SOP for Trinity Using the Lustre filesystem

Ensure you have sufficient quota for running Trinity. Because of the high number of files produced, you will need to request a quota increase specifically for running Trinity. This can be done in an email to rcac-help@purdue.edu. Make sure you specifically mention 'Trinity' as the reason for your quota request.
Create a subdirectory in you Lustre scratch space to use for Trinity output, and configure it for handling small files. By default, files are striped across multiple locations in the Lustre filesystem. This becomes wasteful for Trinity, which writes large numbers of files that are too small to benefit from this striping. You can set the striping for specific files or directories in your scratch space; if you set the striping for a directory, all it's subdirectories and files will inherit the new value. For Trinity, the optimum stripe value is 1, and is changed with the "lfs setstripe" command.

For example:

"cd $RCAC_SCRATCH" "mkdir trinity-out" "lfs setstripe -c 1 trinity-out"

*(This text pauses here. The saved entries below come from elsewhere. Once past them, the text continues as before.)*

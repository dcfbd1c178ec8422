//! Values and bytes that are known from outside.

use std::test::Fail;
use stored_forms::{binary_read, binary_write, packed_read, packed_write};

#[test]
fn values_are_written(rt: HostRuntime) -> Result<(), Fail> {
    let mut binary = [0; 2];
    binary_write(-1234, 4, true, &mut binary);
    assert_eq!(rt; binary, [0xFB, 0x2E]);
    let mut packed = [0; 3];
    packed_write(-12345, 5, true, &mut packed);
    assert_eq!(rt; packed, [0x12, 0x34, 0x5D]);
    packed_write(1234, 4, false, &mut packed);
    assert_eq!(rt; packed, [0x01, 0x23, 0x4F]);
    Ok(())
}

const BINARY: [([u8; 2], Option<i128>); 5] = [
    ([0x27, 0x0F], Some(9999)),
    ([0x27, 0x10], None),
    ([0xD8, 0xF1], Some(-9999)),
    ([0xD8, 0xF0], None),
    ([0xFF, 0xFF], Some(-1)),
];

const PACKED: [([u8; 2], Option<i128>); 6] = [
    ([0x12, 0x3C], Some(123)),
    ([0x12, 0x3F], Some(123)),
    ([0x12, 0x3D], Some(-123)),
    ([0x00, 0x0D], Some(0)),
    ([0x12, 0x3B], None),
    ([0x1A, 0x3C], None),
];

const FILLED: [([u8; 2], Option<i128>); 5] = [
    ([0x01, 0x2F], Some(12)),
    ([0x01, 0x2D], None),
    ([0x41, 0x31], None),
    ([0x20, 0x20], None),
    ([0x11, 0x2F], None),
];

#[test]
fn bytes_are_read(rt: HostRuntime) -> Result<(), Fail> {
    for (bytes, expected) in BINARY {
        assert_eq!(rt; binary_read(&bytes, 4, true), expected);
    }
    for (bytes, expected) in PACKED {
        assert_eq!(rt; packed_read(&bytes, 3, true), expected);
    }
    for (bytes, expected) in FILLED {
        assert_eq!(rt; packed_read(&bytes, 2, false), expected);
    }
    Ok(())
}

Now $RCAC_SCRATCH/trinity-out is configured to handle Trinity's workload.

In your submission file for Trinity, add the PBS directive “#PBS -l software=trinity” (see sample submission file below)
In your submission file, request exclusive access to one node by requesting all the cores on the node. On Hansen the directive would be “#PBS -l nodes=1:ppn=48”. On Rossmann, the directive would be “#PBS -l nodes=1:ppn=24”. In general, find the number of cores per node that your work queue has access to, and use that number in the “ppn=” option to the directive.
In your submission file, load the Bioinformatics modules with the line “module use /apps/group/bioinformatics/modules” Note – this is not a PBS directive, so it doesn't get the "#PBS" prefix. Also load the Trinity-specific module with the line “module load trinity”
Within the submission file, specify the directory you configured in setp 2. as the Trinity output parameter: “Trinity.pl … --output $RCAC_SCRATCH/trinity-out” for example. The actual directory name for output is up to you.

When Trinity completes its operation, the output directory will contain the final “Trinity.fasta” result file, as well as all the intermediate files necessary to produce it. If you want to save the complete directory tree, you can use the “tar” and “hsi” commands to save the entire output set to your Fortress account. For example, if your output directory is called “trinity-out”, and you want to save it to a file called “trinity-run-1”, you would use “cd” to go to the trinity-out directory, then use the command:

“tar -cf - . | hsi put - : trinity-run-1"

In this command, the "." character in the tar command represents the current directory, and is the directory that will be archived. The ":" in the hsi command means the following name will be used for the file on the Fortress system.

Sample submission file for Trinity running on the Hansen cluster. (see Notes below)

 #!/bin/bash
 #PBS -l nodes=1:ppn=48
 #PBS -l walltime=100:00:00
 #PBS -l software=trinity
 #PBS -q myqueuename
 #PBS -N Trinity

 module use /apps/group/bioinformatics/modules
 module load trinity

 Trinity.pl --seqType fq --JM 50G --left $RCAC_SCRATCH/leftreads.fastq --right $RCAC_SCRATCH/rightreads.fastq --output $RCAC_SCRATCH/trinity-out --min_contig_length 300 --CPU 48 --bflyMaxHeapsize 12 G --bflyCPU 12 2&gt;&1 | tee -a $RCAC_SCRATCH/trinity-stdout.txt

NOTES on sample submission file:

In this example the entire Trinity command is actually on one line - the line breaks are for presentation only.
Hansen has 48 processor cores per node, which is why we use "ppn=48". On Rossmann, with 24 cores per node, the directive would be "#PBS -l nodes=1:ppn=24".
"myqueuename" should be replaced by the name of the working queue you are using. It should have access to nodes with at least 128 GB RAM for any substantial Trinity data set.
The construction "2>&1" means to combine error and informational messages that Trinity would normally print to the screen, and the "| tee -a $RCAC_SCRATCH/trinity-stdout.txt" construction means to direct those messages into a file named trinity-stdout.txt in the scratch directory. This allows you to easily follow the progress of Trinity during the analysis run, by using the commands "cat" or "tail -f" on the file.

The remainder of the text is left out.